Par une amie, j'avais tenté de tenté de joindre les sœurs de la paroisse présentes auprès du père Jacques au moment du drame. Mais elles n’étaient pas encore prêtes et la rencontre n'avait pas pu se faire.

Comment avez-vous réagi à la proposition de Roseline ?

Quand elle m’a annoncé, après plusieurs mois d’échanges au téléphone, qu’elle souhaitait faire ma connaissance en se rendant chez moi, je lui ai répondu que je l’attendais. J’avais à ce moment-là surtout besoin de lui demander pardon. Pour mon fils et pour moi qui n’avais pu empêcher le pire. Ce pardon, c'était mon idée fixe, je me sentais autant responsable du drame qu'Adel. 

Roseline m’a répondu qu’elle n’était pas venue chercher un pardon mais me proposer une alliance. Quand elle a sonné à ma porte, je l’ai prise dans mes bras et je me suis mise à parler d'Adel, de l'attentat, du phénomène de la radicalisation, du terrorisme, de mon combat de mère... L'entretien a duré longtemps. Je me sentais écoutée. Je pouvais enfin exprimer ce que j'avais sur le cœur. 

Que s'est-il passé ensuite ?

Cette première entrevue m’a permis de commencer à évacuer la culpabilité que je portais en moi : lorsqu'on est parent, on se demande toujours ce qu'on n'a pas bien fait pour que son enfant dérive à ce point. J'ai aussi compris de l'intérieur que nous étions toutes les deux victimes et anéanties par une douleur qui nous rassemblait. 

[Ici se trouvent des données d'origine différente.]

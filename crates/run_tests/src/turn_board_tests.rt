//! Windows passed over the board by one thread, by four, and by two with values that were made for what was lent.
ghost use Rattle.std.specs.Prelude.{◌≡◌, ◌<◌, false, IfSome};
ghost use denote.Param.Send.{IsSync};
ghost use Rattle.turn_board.specs.Tickets.{IsFree};
ghost use Rattle.turn_board.specs.Answers.{IsReady};

use crate::numbers::{LIMIT, Next, Piece, WINDOWS, next_of, pieces};
use std::sync::Wait;
use std::test::Fail;
use std::thread;
use std::thread::Threads;
use turn_board::{Board, Gather, Kept, Master, Seat, See, Six};

// A board of these jobs.
type Numbers = Board<Piece, Next, u64>;

// A seat at it.
type Worker = Seat<Piece, Next, u64>;

// Its master.
type Leader = Master<Piece, Next, u64>;

// Whether each lane has its own result.
fn is_right(window: u64, results: &Six<Next>) -> bool
    requires { window < WINDOWS }
{
    let first = 6 * window;
    results.l0.number == first + 1
        && results.l1.number == first + 2
        && results.l2.number == first + 3
        && results.l3.number == first + 4
        && results.l4.number == first + 5
        && results.l5.number == first + 6
}

// Draws the next number and does it, where it is open; a second put replaces the first one.
fn serve_one(board: &Numbers, seat: &mut Worker) -> Option<u64>
    requires { IsReady board.now LIMIT seat.old }
    ensures board { (seat.new.board ≡ seat.old.board) × (seat.new.made_for ≡ seat.old.made_for) }
    ensures free { IfSome result (λ _. IsFree seat.new.state) }
{
    let ticket = board.draw(seat);
    match board.look(seat, &ticket) {
        See::Open => {}
        See::NotYet(_) => return None,
        See::Closed => return None,
    }
    let number = ticket.number();
    let piece = board.take(seat, &ticket);
    board.put(
        seat,
        &ticket,
        Next {
            number: piece.number % 6 + 1,
        },
    );
    board.put(seat, &ticket, next_of(&piece));
    board.done(seat, ticket);
    Some(number)
}

// Serves tickets until the board is closed, and says how many.
fn serve<H: Wait>(rt: &H, board: &Numbers, mut seat: Worker) -> u64
    requires { IsReady board.now LIMIT seat }
{
    let mut served: u64 = 0;
    for _ in rt.forever() {
        let ticket = board.draw(&mut seat);
        match board.await_open(rt, &mut seat, &ticket) {
            See::Open => {}
            See::NotYet(_) => return served,
            See::Closed => return served,
        }
        let piece = board.take(&mut seat, &ticket);
        board.put(&mut seat, &ticket, next_of(&piece));
        board.done(&mut seat, ticket);
        served = served.wrapping_add(1);
    }
    unreachable!()
}

// Passes all windows, closes the board, and says in how many windows each lane had its result.
fn lead<H: Wait>(rt: &H, board: &Numbers, mut master: Leader) -> u64
    requires board { (master.board ≡ board.now) × (master.made_for ≡ LIMIT) }
    requires new { (master.state.opened ≡ 0) × (master.state.known ≡ 0)
        × (master.state.closed ≡ false) }
{
    let mut right: u64 = 0;
    for window in 0..WINDOWS {
        board.offer(&mut master, pieces(window));
        if let Gather::All(results) = board.await_all(rt, &mut master) {
            if is_right(window, &results) {
                right = right.wrapping_add(1);
            }
        }
    }
    board.close(&mut master);
    right
}

// Passes all windows in one thread, and says in how many windows each lane had its number and its result.
fn alone(board: &Numbers, mut master: Leader, mut seat: Worker) -> u64
    requires master { (master.board ≡ board.now) × (master.made_for ≡ LIMIT)
        × (master.state.opened ≡ 0) × (master.state.known ≡ 0) × (master.state.closed ≡ false) }
    requires seat { IsReady board.now LIMIT seat }
{
    let mut right: u64 = 0;
    for window in 0..WINDOWS {
        board.offer(&mut master, pieces(window));
        for lane in 0..6 {
            match serve_one(board, &mut seat) {
                Some(number) => {
                    if number != 6 * window + lane {
                        return right;
                    }
                }
                None => return right,
            }
        }
        match board.gathered(&mut master) {
            Gather::All(results) => {
                if is_right(window, &results) {
                    right = right.wrapping_add(1);
                }
            }
            Gather::Part(_) => return right,
        }
    }
    right
}

#[test]
fn one_thread_passes_many_windows(rt: HostRuntime) -> Result<(), Fail> {
    let (board, master, mut seats) = Numbers::new(rt.alloc(), LIMIT, 1)?;
    let Some(seat) = seats.pop() else {
        panic!(rt; "no seat")
    };
    assert!(rt; alone(&board, master, seat) == WINDOWS);
    Ok(())
}

// Two seats serve in two threads. Says how many tickets both have served.
fn serve_two<H: Threads + Wait + Sync>(
    rt: &H,
    board: &Numbers,
    first: Worker,
    second: Worker,
) -> u64
    requires first { IsReady board.now LIMIT first }
    requires second { IsReady board.now LIMIT second }
{
    let (a, b) = thread::join(
        rt,
        move || -> u64
            requires { IsSync H.row × IsReady board.now LIMIT first }
        { serve(rt, board, first) },
        move || -> u64
            requires { IsSync H.row × IsReady board.now LIMIT second }
        { serve(rt, board, second) },
    );
    a.wrapping_add(b)
}

#[test]
fn three_threads_pass_many_windows(rt: HostRuntime) -> Result<(), Fail> {
    let (board, master, mut seats) = Numbers::new(rt.alloc(), LIMIT, 3)?;
    let (Some(first), Some(second), Some(third)) = (seats.pop(), seats.pop(), seats.pop()) else {
        panic!(rt; "no seat")
    };
    let (rt, board) = (&rt, &board);
    let ((a, b), right) = thread::join(
        rt,
        move || -> (u64, u64)
            requires { IsReady board.now LIMIT first × IsReady board.now LIMIT second
                × IsReady board.now LIMIT third }
        {
            thread::join(
                rt,
                move || -> u64
                    requires { IsReady board.now LIMIT first }
                { serve(rt, board, first) },
                move || -> u64
                    requires { IsReady board.now LIMIT second × IsReady board.now LIMIT third }
                { serve_two(rt, board, second, third) },
            )
        },
        move || lead(rt, board, master),
    );
    assert!(rt; right == WINDOWS && a.wrapping_add(b) == 6 * WINDOWS);
    Ok(())
}

#[test]
fn a_close_ends_the_wait(rt: HostRuntime) -> Result<(), Fail> {
    let (board, mut master, mut seats) = Numbers::new(rt.alloc(), LIMIT, 2)?;
    let (Some(first), Some(second)) = (seats.pop(), seats.pop()) else {
        panic!(rt; "no seat")
    };
    let (rt, board) = (&rt, &board);
    let ((), served) = thread::join(
        rt,
        || board.close(&mut master),
        move || -> u64
            requires { IsReady board.now LIMIT first × IsReady board.now LIMIT second }
        { serve_two(rt, board, first, second) },
    );
    assert!(rt; served == 0);
    Ok(())
}

// What values are made for, where they are lent.
#[derive(Drop)]
struct Bound {
    top: u64,
}

// A value that was made for a bound that was lent.
#[derive(Drop)]
struct Lent {
    number: u64,
}

impl<'a> Kept<&'a Bound> for Lent {
    ghost made_for = { λ bound lane p. p.number < bound.now.top };
}

type LentBoard<'a> = Board<Lent, Lent, &'a Bound>;

// What a worker's thread is given.
#[derive(Drop)]
struct Shift<'b, 'a> {
    board: &'b LentBoard<'a>,
    seat: Seat<Lent, Lent, &'a Bound>,
}

impl<'b, 'a> Shift<'b, 'a> {
    // Passes jobs on, within what they were made for, until the board is closed, and says how many.
    fn work<H: Wait>(self, rt: &H) -> u64
        requires board { self.seat.board ≡ self.board.now }
        requires free { IsFree self.seat.state }
    {
        let Shift { board, seat } = self;
        let mut seat = seat;
        let mut passed: u64 = 0;
        for _ in rt.forever() {
            let ticket = board.draw(&mut seat);
            match board.await_open(rt, &mut seat, &ticket) {
                See::Open => {}
                See::NotYet(_) => return passed,
                See::Closed => return passed,
            }
            let piece = board.take(&mut seat, &ticket);
            board.put(&mut seat, &ticket, piece);
            board.done(&mut seat, ticket);
            passed = passed.wrapping_add(1);
        }
        unreachable!()
    }
}

// What the coordinator is given.
#[derive(Drop)]
struct Bench<'b, 'a> {
    board: &'b LentBoard<'a>,
    master: Master<Lent, Lent, &'a Bound>,
}

impl<'b, 'a> Bench<'b, 'a> {
    // Passes a window, closes the board, and says whether each lane had its job back.
    fn lead<H: Wait>(self, rt: &H) -> bool
        requires board { self.master.board ≡ self.board.now }
        requires new { (self.master.state.opened ≡ 0) × (self.master.state.known ≡ 0)
            × (self.master.state.closed ≡ false) }
        requires top { self.master.made_for.now.top ≡ 7 }
    {
        let Bench { board, master } = self;
        let mut master = master;
        let jobs = Six {
            l0: Lent { number: 5 },
            l1: Lent { number: 1 },
            l2: Lent { number: 2 },
            l3: Lent { number: 3 },
            l4: Lent { number: 4 },
            l5: Lent { number: 6 },
        };
        board.offer(&mut master, jobs);
        let right = match board.await_all(rt, &mut master) {
            Gather::All(found) => found.l0.number == 5
                && found.l1.number == 1
                && found.l5.number == 6,
            Gather::Part(_) => false,
        };
        board.close(&mut master);
        right
    }
}

// A worker, and the coordinator second: it stays in this thread.
fn both<'b, 'a, H: Threads + Wait + Sync>(
    rt: &H,
    shift: Shift<'b, 'a>,
    bench: Bench<'b, 'a>,
) -> (u64, bool)
    requires shift { (shift.seat.board ≡ shift.board.now) × IsFree shift.seat.state }
    requires bench { (bench.master.board ≡ bench.board.now) × (bench.master.state.opened ≡ 0)
        × (bench.master.state.known ≡ 0) × (bench.master.state.closed ≡ false)
        × (bench.master.made_for.now.top ≡ 7) }
{
    thread::join(
        rt,
        move || -> u64
            requires { IsSync H.row × (shift.seat.board ≡ shift.board.now)
                × IsFree shift.seat.state }
        { shift.work(rt) },
        move || -> bool
            requires { (bench.master.board ≡ bench.board.now) × (bench.master.state.opened ≡ 0)
                × (bench.master.state.known ≡ 0) × (bench.master.state.closed ≡ false)
                × (bench.master.made_for.now.top ≡ 7) }
        { bench.lead(rt) },
    )
}

#[test]
fn values_are_made_for_what_was_lent(rt: HostRuntime) -> Result<(), Fail> {
    let bound = Bound { top: 7 };
    let (board, master, mut seats) = LentBoard::new(rt.alloc(), &bound, 1)?;
    let Some(seat) = seats.pop() else {
        panic!(rt; "no seat")
    };
    let board = &board;
    let (passed, right) = both(&rt, Shift { board, seat }, Bench { board, master });
    assert!(rt; passed == 6 && right);
    Ok(())
}
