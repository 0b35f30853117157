// Opening an image.
ghost use Rattle.std.specs.Prelude.{◌≡◌, [], IfOk};
ghost use Rattle.std.specs.Result.{result_err};
ghost use Rattle.library.specs.Meaning.{Library};
ghost use Rattle.image.specs.Questions.{image_refusal as refusal_of_image};
ghost use Rattle.image.specs.Opening.{programs_of, image_library, Opened, LayoutIsUnique};
ghost use Rattle.image.specs.Granting.{programs_held, meaning_of, opened_or};

use crate::contents::Contents;
use crate::granted::Image;
use code::Code;
use refusal::Refusal;

impl<'a> Image<'a> {
    // An image of no programs.
    pub fn empty() -> Image<'a>
        ensures { meaning_of result ≡ image_library [] }
    {
        Image {
            contents: Contents {
                entries: &[],
                texts: &[],
            },
        }
    }

    // The opened image of these bytes, or the refusal of the first question that says no.
    pub fn open<C: Code>(code: &C, image: &'a [u8]) -> Result<Image<'a>, Refusal>
        ensures refusal { result_err result ≡ refusal_of_image C.meaning image.now }
        ensures opened { (before : Library) → Opened C.meaning image.now (result_err result) before (opened_or before result) }
        ensures unique { LayoutIsUnique }
    {
        Image::admit(code, image)
    }

    // The same, by the first refusal and the programs alone: what open promises follows from these.
    fn admit<C: Code>(code: &C, image: &'a [u8]) -> Result<Image<'a>, Refusal>
        ensures refusal { result_err result ≡ refusal_of_image C.meaning image.now }
        ensures held { IfOk result (λ opened. programs_held opened ≡ programs_of image.now) }
    {
        let contents = Contents::cut(code, image)?;
        contents.check(code)?;
        Ok(Image { contents })
    }
}
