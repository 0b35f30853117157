// Images of programs: the format, opening one, and the opened image as a library.

#![tactic(auto)]

mod contents;
mod entry;
mod granted;
mod line;
mod open;
mod program;
mod reading;

pub use granted::Image;
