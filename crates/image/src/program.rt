// The programs of an image, as they lie in it.
ghost use Rattle.std.specs.Prelude.{◌≡◌, ◌+◌, ◌-◌, ◌≤◌, length, drop};
ghost use Rattle.std.specs.List.{prefix_len};
ghost use Rattle.std.specs.Str.{bytes_eq};
ghost use Rattle.std.specs.Option.{option_map, is_some};
ghost use Rattle.std.specs.Iterator.{YieldsFirstBy, at_most};
ghost use Rattle.library.specs.Meaning.{program_at, name_at, string_at};
ghost use Rattle.library.specs.Views.{string_viewed};
ghost use Rattle.image.specs.Contents.{first_entry, entries_of_rows, program_of, text_sizes};

use crate::contents::{Contents, string_entry, text_size};
use crate::entry::{Entry, EntryBytes};
use crate::granted::Image;
use crate::line::Line;
use library::StringView;

// How many entries from the first on are of the program of that name.
fn count_strings(entries: &[EntryBytes], name: &[u8]) -> usize
    ensures value { result ≡ prefix_len (λ r. bytes_eq (program_of (first_entry r)) name.now) entries.now }
    ensures within { result ≤ length entries.now }
{
    entries
        .iter()
        .take_while(|bytes| Entry { bytes: *bytes }.is_of(name))
        .count()
}

// A program's name, the entries before it, its own, and the texts of all entries.
#[derive(Clone, Copy)]
pub struct ProgramView<'a> {
    pub name: &'a [u8],
    pub before: &'a [EntryBytes],
    pub entries: &'a [EntryBytes],
    pub texts: &'a [u8],
    ghost few: { length before.now + length entries.now ≤ 128 },
    ghost there: { text_sizes (entries_of_rows before.now) + text_sizes (entries_of_rows entries.now) ≤ length texts.now },
}

// The programs of an image from one of its entries on.
#[derive(Drop)]
pub struct Programs<'a> {
    image: Image<'a>,
    start: usize,
    ghost within: { start ≤ length image.contents.entries.now },
}

impl<'a> Image<'a> {
    ghost use Rattle.image.specs.Programs.{program_viewed, programs_left};
    ghost use Rattle.image.specs.Granting.{programs_held};

    pub(crate) fn iter(&self) -> Programs<'a>
        ensures { programs_left result ≡ programs_held self.now }
    {
        Programs {
            image: *self,
            start: 0,
        }
    }

    // Its programs from one of them on, counted from 0.
    pub(crate) fn programs_from(&self, program: usize) -> Programs<'a>
        ensures { programs_left result ≡ drop program (programs_held self.now) }
    {
        let mut programs = self.iter();
        for _ in 0..program {
            if !programs.pass() {
                break;
            }
        }
        programs
    }

    // One of its programs, counted from 0.
    pub(crate) fn program(&self, program: usize) -> Option<ProgramView<'a>>
        ensures { option_map program_viewed result ≡ program_at (programs_held self.now) program }
    {
        self.programs_from(program).next()
    }
}

impl<'a> Programs<'a> {
    ghost use Rattle.image.specs.Programs.{programs_left};

    // Goes past the first program, whose entries are counted and not shown; whether there is one.
    fn pass(&mut self) -> bool
        ensures passed { programs_left self.new ≡ drop 1 (programs_left self.old) }
        ensures found { result ≡ is_some (program_at (programs_left self.old) 0) }
    {
        let (_, left) = self.image.contents.entries.split_at(self.start);
        let Some((first, rest)) = left.split_first() else {
            return false;
        };
        let name = Entry { bytes: first }.program();
        self.start += 1 + count_strings(rest, name);
        true
    }

    // The name of the first program, read off its first entry alone.
    pub fn first_name(&self) -> Option<&'a [u8]>
        ensures { option_map (λ x. x.now) result ≡ name_at (programs_left self.now) 0 }
    {
        let (_, left) = self.image.contents.entries.split_at(self.start);
        let bytes = left.first()?;
        Some(Entry { bytes }.program())
    }

    // A string of the first program, counted from 0: no entry behind its own is read.
    pub fn first_string(&self, string: usize) -> Option<StringView<'a>>
        ensures { option_map string_viewed result ≡ string_at (programs_left self.now) 0 string }
    {
        let Contents { entries, texts } = self.image.contents;
        let (_, left) = entries.split_at(self.start);
        let name = self.first_name()?;
        let bytes = string_entry(left, name, string)?;
        let (before, _) = entries.split_at(self.start + string);
        let (_, texts) = texts.split_at(text_size(before));
        let (line, _) = Line::split(Entry { bytes }, texts);
        Some(line.string)
    }
}

impl<'a> Iterator for Programs<'a> {
    ghost use Rattle.image.specs.Programs.{program_viewed, programs_left};

    type Item = ProgramView<'a>;

    ghost next_gives = { YieldsFirstBy program_viewed programs_left };

    ghost remaining = { λ p. at_most (length p.image.contents.entries.now - p.start) };

    fn next(&mut self) -> Option<ProgramView<'a>> {
        let Contents { entries, texts } = self.image.contents;
        let (before, left) = entries.split_at(self.start);
        let (first, rest) = left.split_first()?;
        let name = Entry { bytes: first }.program();
        let (own, _) = left.split_at(1 + count_strings(rest, name));
        self.start += own.len();
        Some(ProgramView {
            name,
            before,
            entries: own,
            texts,
        })
    }
}
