// The entries of an image's contents: 25 bytes for each string.
ghost use Rattle.std.specs.Prelude.{◌≡◌, ◌<◌, ◌==◌};
ghost use Rattle.std.specs.List.{list_all};
ghost use Rattle.std.specs.Str.{bytes_eq};
ghost use Rattle.image.specs.Contents.{program_of, text_size as size_of_text};
ghost use Rattle.image.specs.Questions.{well_named};
ghost use Rattle.image.specs.Reading.{entry_read};

// The bytes of one entry.
pub type EntryBytes = [u8; 25];

// What an entry says of its string: the length of its program's name and the 20 bytes that begin with that name,
// the lengths of its own name and of its body.
#[derive(Clone, Copy)]
pub struct Entry<'a> {
    pub bytes: &'a EntryBytes,
}

// Are all these bytes zero?
fn all_zero(bytes: &[u8]) -> bool
    ensures { result ≡ list_all (λ b. b == 0) bytes.now }
{
    bytes.iter().all(|byte| *byte == 0)
}

impl<'a> Entry<'a> {
    // The name of the program that the string belongs to.
    pub fn program(&self) -> &'a [u8]
        ensures { result.now ≡ program_of (entry_read self.now) }
    {
        let bytes = self.bytes;
        let field = &bytes[1..21];
        &field[..usize::from(bytes[0]).min(20)]
    }

    // Is the string one of the program of that name?
    pub fn is_of(&self, name: &[u8]) -> bool
        ensures { result ≡ bytes_eq (program_of (entry_read self.now)) name.now }
    {
        self.program() == name
    }

    // Is the program name 1 to 20 bytes long, and filled with zeros?
    pub fn is_well_named(&self) -> bool
        ensures { result ≡ well_named (entry_read self.now) }
    {
        let bytes = self.bytes;
        let length = usize::from(bytes[0]);
        let field = &bytes[1..21];
        if !(1..=20).contains(&length) {
            return false;
        }
        all_zero(&field[length..])
    }

    // How long its name is, and its body: two bytes each, high byte first.
    pub fn name_length(&self) -> usize
        ensures value { result ≡ (entry_read self.now).name_length }
        ensures bound { result < 65536 }
    {
        usize::from(u16::from_be_bytes([self.bytes[21], self.bytes[22]]))
    }

    pub fn body_length(&self) -> usize
        ensures value { result ≡ (entry_read self.now).body_length }
        ensures bound { result < 65536 }
    {
        usize::from(u16::from_be_bytes([self.bytes[23], self.bytes[24]]))
    }

    // The bytes of its name and body.
    pub fn text_size(&self) -> usize
        ensures value { result ≡ size_of_text (entry_read self.now) }
        ensures bound { result < 131072 }
    {
        self.name_length() + self.body_length()
    }
}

Petit à petit, j'ai retrouvé l'énergie dont nous avions chacune besoin, la force qui me manquait pour rester debout. Et je suis revenue à la vie ! J'ai aussi accepté de livrer ce que j'avais sur le cœur en témoignant pour le livre. Un travail exigeant mais dont je suis très fière. Depuis ce jour improbable, nous nous appelons régulièrement. Note amitié s'est imposée comme une évidence et une ressource vitale. 

Roseline et Nassera, qu’est ce qui est essentiel pour vous aujourd’hui dans vos vies ?

Nous voulons toutes les deux témoigner de la force qui nous habite. Pour prouver au monde que du chaos peut naître la lumière et que des vies sacrifiées peuvent servir à quelque chose. 

Même si rien n’efface la douleur, nous sommes sur le chemin d’une paix intérieure que nous souhaitons distribuer autour de nous. Dans la vie, le partage et l'amitié font des miracles si on ose franchir le pas.